SJW: There are so many ways students can choose to participate in sexual justice. I think the first step for many should be reading and becoming literate in what a sexually just world looks like and that includes understanding heteronormative, gendered and racialized systems that still exist today and then thinking of where you fit in. What needle do you want to participate in moving (because there are lots of needles, right?!) and how.

Take my course! It’s a good one! There are others as well. Jay Irwin, Peggy Jones, Alecia Anderson, Jennifer Harbour, Aja Kneip-Pelster, Jenny Heinemann (I could go on and on here!) all teach courses from a social justice perspective and often intersect with sexuality; we are very lucky here at UNO to have so many amazing professors and instructors to choose from. There are many organizations and policy makers in our community who address sexual justice as well—go volunteer.
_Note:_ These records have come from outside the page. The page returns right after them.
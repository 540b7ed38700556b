//! A certificate's text, checked while it is read.

ghost use Rattle.std.specs.Prelude.{◌≡◌, ◌-◌, ◌<◌, ◌≤◌, ◌^◌, ◌++◌, length, None, IfOk, IfNone, IfSome, MatchResult};
ghost use Rattle.base.specs.Devices.{IsAtEnd, Reads, FailsOnce};
ghost use Rattle.graph.specs.Circuits.{HasProperty, IsUpheld};
ghost use Rattle.graph.specs.declared.circuit.Property.TheVariants.{Justice};
ghost use Rattle.certificate.specs.Streams.{FindsWith, ForText};
ghost use Rattle.certificate.specs.declared.reader_error.ReaderError.TheVariants.{Device};
ghost use Rattle.extension.specs.Accepted.{IsAcceptedCertificate};
ghost use Rattle.certificate3.specs.Formats.{behind_at};
ghost use Rattle.certificate3.specs.Reading.{certificate_at, evidence_at};
ghost use Rattle.certificate3.specs.Texts.{Certificate as ACertificate, SpellsCertificate};
ghost use Rattle.checker3.specs.Judged.{IsJudged, IsUnshowable};

use crate::check_error::CheckError;
use crate::evidence::check_evidence;
use base::Source;
use certificate::{Reader, ReaderError};
use certificate3::{Claim, ClaimLine, FirstLine, skip_evidence};
use extension::{accepted_law, are_few_rounds, count_rounds};
use graph::{Model, Property};
use live_safe::LiveError;
use std::alloc::Global;

/// What was read and found.
#[derive(Clone, Copy)]
pub struct Outcome {
    /// what the certificate claims
    pub claim: Claim,
    /// the first cause, where the certificate is not accepted
    pub refusal: Option<CheckError>,
}

/// Why the claim cannot be shown, whatever follows; but for the size of what it speaks of.
fn unshowable(circuit: &Model, claim: Claim) -> Option<CheckError>
    ensures none { IfNone result (HasProperty circuit.now claim.property × (claim.rounds ≤ 2 ^ length circuit.now.latches)) }
    ensures some { IfSome result (IsUnshowable circuit.now claim.property claim.rounds) }
{
    if !circuit.parts().has_property(claim.property) {
        return Some(CheckError::NoProperty);
    }
    if !are_few_rounds(claim.rounds, circuit.latches().len()) {
        return Some(CheckError::TooManyRounds);
    }
    None
}

/// Reads all that is behind a claim about a justice property that is there, and checks it. After the
/// first fault it is only read.
fn check_justice<S: Source>(
    alloc: Global,
    circuit: &Model,
    claim: Claim,
    position: u32,
    reader: &mut Reader,
    from: &mut S,
) -> Result<Option<CheckError>, ReaderError>
    requires source { S.failed from.old < 2 ^ 64 - 1 }
    requires property { claim.property ≡ Justice position }
    requires there { HasProperty circuit.now claim.property }
    requires few { claim.rounds ≤ 2 ^ length circuit.now.latches }
    ensures says { Reads (S.leaves from.old) (S.leaves from.new) (λ ys zs. FindsWith (λ e found. IsJudged circuit.now (record { claim = claim; evidence = e }) found) (evidence_at (reader.old.held ++ ys)) result reader.new.held zs) }
    ensures device { FailsOnce result Device (S.failed from.old) (S.failed from.new) }
{
    match count_rounds(alloc, circuit, position, claim.rounds) {
        Ok(counter) => {
            counter.well_formed();
            check_evidence(alloc, &counter, counter.bad()[0], reader, from)
        }
        Err(LiveError::OutOfMemory(refused)) => Err(ReaderError::from(refused)),
        Err(LiveError::Limit) => {
            skip_evidence(alloc, reader, from)?;
            Ok(Some(CheckError::Limit))
        }
        // the property is there
        Err(LiveError::NoProperty(_)) => unreachable!(),
    }
}

/// Reads all that is behind a claim, and checks it. After the first fault it is only read.
fn check_claim<S: Source>(
    alloc: Global,
    circuit: &Model,
    claim: Claim,
    reader: &mut Reader,
    from: &mut S,
) -> Result<Option<CheckError>, ReaderError>
    requires source { S.failed from.old < 2 ^ 64 - 1 }
    ensures says { Reads (S.leaves from.old) (S.leaves from.new) (λ ys zs. FindsWith (λ e found. IsJudged circuit.now (record { claim = claim; evidence = e }) found) (evidence_at (reader.old.held ++ ys)) result reader.new.held zs) }
    ensures device { FailsOnce result Device (S.failed from.old) (S.failed from.new) }
{
    circuit.well_formed();
    if let Some(refusal) = unshowable(circuit, claim) {
        skip_evidence(alloc, reader, from)?;
        return Ok(Some(refusal));
    }
    match claim.property {
        Property::Bad(n) => check_evidence(alloc, circuit, circuit.bad()[n as usize], reader, from),
        Property::Justice(n) => check_justice(alloc, circuit, claim, n, reader, from),
        Property::Output(n) => {
            check_evidence(alloc, circuit, circuit.outputs()[n as usize], reader, from)
        }
    }
}

/// Reads what is behind the first line of a certificate, and checks it while it is read.
pub fn check_behind<S: Source>(
    alloc: Global,
    circuit: &Model,
    reader: &mut Reader,
    from: &mut S,
) -> Result<Outcome, ReaderError>
    requires source { S.failed from.old < 2 ^ 64 - 1 }
    ensures says { Reads (S.leaves from.old) (S.leaves from.new) (λ ys zs. FindsWith (λ c found. (found.claim ≡ c.claim) × IsJudged circuit.now c found.refusal) (behind_at (reader.old.held ++ ys)) result reader.new.held zs) }
    ensures device { FailsOnce result Device (S.failed from.old) (S.failed from.new) }
{
    let claim = reader.line::<ClaimLine, S>(alloc, (), from)?;
    let refusal = check_claim(alloc, circuit, claim, reader, from)?;
    Ok(Outcome { claim, refusal })
}

/// Reads a certificate, and checks it while it is read.
fn check_text<S: Source>(
    alloc: Global,
    circuit: &Model,
    reader: &mut Reader,
    from: &mut S,
) -> Result<Outcome, ReaderError>
    requires source { S.failed from.old < 2 ^ 64 - 1 }
    ensures says { Reads (S.leaves from.old) (S.leaves from.new) (λ ys zs. FindsWith (λ c found. (found.claim ≡ c.claim) × IsJudged circuit.now c found.refusal) (certificate_at (reader.old.held ++ ys)) result reader.new.held zs) }
    ensures device { FailsOnce result Device (S.failed from.old) (S.failed from.new) }
{
    reader.line::<FirstLine, S>(alloc, (), from)?;
    check_behind(alloc, circuit, reader, from)
}

/// Reads the certificate of version 3 that the source's bytes spell, and checks it while it is read.
/// It holds the extended circuit, the clauses, those of the section that is read, and one line; a
/// fault of the text, anywhere in it, goes before every fault of the check. After a fault of the text
/// nothing more is taken.
pub fn check_source<S: Source>(
    alloc: Global,
    circuit: &Model,
    from: &mut S,
) -> Result<Outcome, ReaderError>
    requires source { S.failed from.old < 2 ^ 64 - 1 }
    ensures says { Reads (S.leaves from.old) (S.leaves from.new) (λ ys zs. MatchResult result (λ found. (c : ACertificate) × SpellsCertificate ys c × (found.claim ≡ c.claim) × IsJudged circuit.now c found.refusal) (λ e. ForText e ((c : ACertificate) → SpellsCertificate ys c → ⊥))) }
    // Where nothing is refused, the property is upheld.
    ensures upheld { Reads (S.leaves from.old) (S.leaves from.new) (λ ys zs. IfOk result (λ found. found.refusal ≡ None → IsUpheld circuit.now found.claim.property)) }
    // Where something is, the bytes spell no certificate that is accepted.
    ensures refused { Reads (S.leaves from.old) (S.leaves from.new) (λ ys zs. IfOk result (λ found. IfSome found.refusal (λ _. (c : ACertificate) → SpellsCertificate ys c → IsAcceptedCertificate circuit.now c.claim.property c.claim.rounds c.evidence → ⊥))) }
    ensures ended { IfOk result (λ _. IsAtEnd (S.leaves from.new)) }
    ensures device { FailsOnce result Device (S.failed from.old) (S.failed from.new) }
{
    circuit.well_formed();
    accepted_law();
    let mut reader = Reader::new(alloc)?;
    let outcome = check_text(alloc, circuit, &mut reader, from)?;
    reader.end(from)?;
    Ok(outcome)
}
KB: What is the most important thing (or couple of things!) people should know about sex? Why does the pleasure-inclusive, sex-positive approach work for you? 

SJW: This is a tough question because I believe in tailoring advice on sex to people’s specific needs. I will say, though, that I think it is so important for us as adults to be honest with our youth that most folks, on a given sexual encounter, are most likely having sex because it feels good. Sex is not just for making babies, but it is so much easier for parents to regulate their children’s sexual behaviors by claiming that babies are the only reason people have sex, because then, they can follow this assertion up with “you don’t want to have babies right now, right, so you don’t have any business having sex.” I think this sets up parents to fail and for youth to lose trust in their parents.

On an even bigger level, I think this is the start of women being left out of the pleasure focus. Boys, young men are going to get the message from somewhere—media, culture, that sex feels good, that it’s supposed to feel good, but girls and young women often don’t.